• ASSIGNMENT: Which lines in the records below contain the word "Some"? Copy each one.

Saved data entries

━━━━━━

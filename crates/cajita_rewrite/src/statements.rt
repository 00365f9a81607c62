//! Rewritten statements (ES3 12). Each function fails with `Memory` where memory is wanting.

ghost use Rattle.std.specs.Prelude.{◌≡◌, ◌+◌, false, IfOk, OnOk};
ghost use Rattle.es3_tree.specs.View as made;
ghost use Rattle.cajita_tree.specs.Tree as tree;
ghost use Rattle.cajita_tree.specs.View as source;
ghost use Rattle.cajita_rewrite.specs.Rewrite.{rewritten, temps};

use crate::expressions::{rewrite_expr, rewrite_maybe};
use crate::members::rewrite_target;
use caja_units::Memory;
use cajita_tree::{CCase, CFirst, CStmt, CVarItem};
use es3_tree::{
    Case, First, Stmt, VarItem, boxed, make_block, make_break, make_continue, make_do,
    make_first_var, make_for, make_if, make_label, make_return, make_switch, make_try, make_var,
    make_while,
};
use rewrite_parts::keys::{LOOP_TEMPORARIES, current_key, loop_over_keys};
use rewrite_parts::names::{NOWHERE, copied_name, maybe_name};
use rewrite_parts::temporaries::Temporaries;
use std::alloc::Global;

/// The statement as it is rewritten, where it doesn't stand directly in the module.
#[cycle(forms)]
#[tactic(auto, unfolding(crate::specs::Rewrite::rewritten), using(cajita_tree::proofs::Rows::views))]
pub(crate) fn rewrite_stmt(
    alloc: Global,
    temporaries: &mut Temporaries,
    statement: &CStmt,
) -> Result<Stmt, Memory>
    ensures form { IfOk result (λ s. made.stmt s ≡ rewritten false tree.stmt temporaries.old.taken (source.stmt statement.now)) }
    ensures count { OnOk result (temporaries.new.taken ≡ temporaries.old.taken + temps tree.stmt (source.stmt statement.now)) }
{
    match statement {
        CStmt::Block(list) => Ok(make_block(rewrite_stmts(alloc, temporaries, list)?)),
        CStmt::Var(items) => Ok(make_var(rewrite_items(alloc, temporaries, items)?)),
        CStmt::Empty => Ok(Stmt::Empty),
        CStmt::Expr(e) => Ok(Stmt::Expr(rewrite_expr(alloc, temporaries, e)?)),
        CStmt::If(test, then, otherwise) => {
            let test = rewrite_expr(alloc, temporaries, test)?;
            let then = boxed(alloc, rewrite_stmt(alloc, temporaries, then)?)?;
            let otherwise = rewrite_maybe_stmt(alloc, temporaries, otherwise)?;
            Ok(make_if(test, then, otherwise))
        }
        CStmt::While(test, body) => {
            let test = rewrite_expr(alloc, temporaries, test)?;
            let body = boxed(alloc, rewrite_stmt(alloc, temporaries, body)?)?;
            Ok(make_while(test, body))
        }
        CStmt::Do(body, test) => {
            let body = boxed(alloc, rewrite_stmt(alloc, temporaries, body)?)?;
            let test = rewrite_expr(alloc, temporaries, test)?;
            Ok(make_do(body, test))
        }
        CStmt::For(start, test, update, body) => {
            let start = rewrite_first(alloc, temporaries, start)?;
            let test = rewrite_maybe(alloc, temporaries, test)?;
            let update = rewrite_maybe(alloc, temporaries, update)?;
            let body = boxed(alloc, rewrite_stmt(alloc, temporaries, body)?)?;
            Ok(make_for(start, test, update, body))
        }
        CStmt::ForIn(target, object, body) => {
            let first = temporaries.take(LOOP_TEMPORARIES)?;
            let place = rewrite_target(alloc, temporaries, target)?;
            let object = rewrite_expr(alloc, temporaries, object)?;
            let body = rewrite_stmt(alloc, temporaries, body)?;
            let written = Stmt::Expr(place.assign(alloc, current_key(alloc, first)?)?);
            loop_over_keys(alloc, first, object, written, body)
        }
        CStmt::Continue(label) => Ok(make_continue(maybe_name(alloc, label)?, NOWHERE)),
        CStmt::Break(label) => Ok(make_break(maybe_name(alloc, label)?, NOWHERE)),
        CStmt::Return(value) => Ok(make_return(rewrite_maybe(alloc, temporaries, value)?, NOWHERE)),
        CStmt::Switch(value, cases) => {
            let value = rewrite_expr(alloc, temporaries, value)?;
            let cases = rewrite_cases(alloc, temporaries, cases)?;
            Ok(make_switch(value, cases))
        }
        CStmt::Label(label, body) => {
            let body = boxed(alloc, rewrite_stmt(alloc, temporaries, body)?)?;
            Ok(make_label(copied_name(alloc, label)?, body))
        }
        CStmt::Throw(value) => Ok(Stmt::Throw(rewrite_expr(alloc, temporaries, value)?)),
        CStmt::Try(body, handler, last) => {
            let body = rewrite_stmts(alloc, temporaries, body)?;
            let handler = match handler {
                Some((name, caught)) => {
                    let caught = rewrite_stmts(alloc, temporaries, caught)?;
                    Some((copied_name(alloc, name)?, caught))
                }
                None => None,
            };
            let last = match last {
                Some(last) => Some(rewrite_stmts(alloc, temporaries, last)?),
                None => None,
            };
            Ok(make_try(body, handler, last))
        }
    }
}

/// The statements of a list that doesn't stand directly in the module.
#[cycle(forms)]
#[tactic(auto, unfolding(crate::specs::Rewrite::rewritten))]
pub(crate) fn rewrite_stmts(
    alloc: Global,
    temporaries: &mut Temporaries,
    list: &[CStmt],
) -> Result<Vec<Stmt>, Memory>
    ensures form { IfOk result (λ v. made.of_stmts v.items ≡ rewritten false tree.stmts temporaries.old.taken (source.of_stmts list.now)) }
    ensures count { OnOk result (temporaries.new.taken ≡ temporaries.old.taken + temps tree.stmts (source.of_stmts list.now)) }
{
    let mut done = Vec::new(alloc);
    for statement in list {
        done.push(rewrite_stmt(alloc, temporaries, statement)?)?;
    }
    Ok(done)
}

// The variables of a `var` (ES3 12.2).
#[cycle(forms)]
#[tactic(auto, unfolding(crate::specs::Rewrite::rewritten))]
fn rewrite_items(
    alloc: Global,
    temporaries: &mut Temporaries,
    items: &[CVarItem],
) -> Result<Vec<VarItem>, Memory>
    ensures form { IfOk result (λ v. made.of_items v.items ≡ rewritten false tree.items temporaries.old.taken (source.of_items items.now)) }
    ensures count { OnOk result (temporaries.new.taken ≡ temporaries.old.taken + temps tree.items (source.of_items items.now)) }
{
    let mut done = Vec::new(alloc);
    for item in items {
        let value = rewrite_maybe(alloc, temporaries, &item.value)?;
        let name = copied_name(alloc, &item.name)?;
        done.push(VarItem { name, value })?;
    }
    Ok(done)
}

// The `else` of an `if`, if it has one (ES3 12.5).
#[cycle(forms)]
#[tactic(auto, unfolding(crate::specs::Rewrite::rewritten))]
fn rewrite_maybe_stmt(
    alloc: Global,
    temporaries: &mut Temporaries,
    statement: &Option<Box<CStmt>>,
) -> Result<Option<Box<Stmt>>, Memory>
    ensures form { IfOk result (λ s. made.of_maybe_stmt s
        ≡ rewritten false tree.maybe_stmt temporaries.old.taken (source.of_maybe_stmt statement.now)) }
    ensures count { OnOk result (temporaries.new.taken
        ≡ temporaries.old.taken + temps tree.maybe_stmt (source.of_maybe_stmt statement.now)) }
{
    match statement {
        Some(statement) => Ok(Some(boxed(alloc, rewrite_stmt(alloc, temporaries, statement)?)?)),
        None => Ok(None),
    }
}

// The first part of the head of a `for` (ES3 12.6.3).
#[cycle(forms)]
#[tactic(auto, unfolding(crate::specs::Rewrite::rewritten), using(cajita_tree::proofs::Rows::views))]
fn rewrite_first(
    alloc: Global,
    temporaries: &mut Temporaries,
    start: &CFirst,
) -> Result<First, Memory>
    ensures form { IfOk result (λ x. made.first x ≡ rewritten false tree.first temporaries.old.taken (source.first start.now)) }
    ensures count { OnOk result (temporaries.new.taken ≡ temporaries.old.taken + temps tree.first (source.first start.now)) }
{
    match start {
        CFirst::None => Ok(First::None),
        CFirst::Var(items) => Ok(make_first_var(rewrite_items(alloc, temporaries, items)?)),
        CFirst::Expr(e) => Ok(First::Expr(rewrite_expr(alloc, temporaries, e)?)),
    }
}

// The clauses of a `switch` (ES3 12.11).
#[cycle(forms)]
#[tactic(auto, unfolding(crate::specs::Rewrite::rewritten))]
fn rewrite_cases(
    alloc: Global,
    temporaries: &mut Temporaries,
    cases: &[CCase],
) -> Result<Vec<Case>, Memory>
    ensures form { IfOk result (λ v. made.of_cases v.items ≡ rewritten false tree.cases temporaries.old.taken (source.of_cases cases.now)) }
    ensures count { OnOk result (temporaries.new.taken ≡ temporaries.old.taken + temps tree.cases (source.of_cases cases.now)) }
{
    let mut done = Vec::new(alloc);
    for case in cases {
        let test = rewrite_maybe(alloc, temporaries, &case.test)?;
        let body = rewrite_stmts(alloc, temporaries, &case.body)?;
        done.push(Case { test, body })?;
    }
    Ok(done)
}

━━━━━━

• EXERCISE RESULT:
                Some((name, caught)) => {
                    Some((copied_name(alloc, name)?, caught))
                Some(last) => Some(rewrite_stmts(alloc, temporaries, last)?),
        Some(statement) => Ok(Some(boxed(alloc, rewrite_stmt(alloc, temporaries, statement)?)?)),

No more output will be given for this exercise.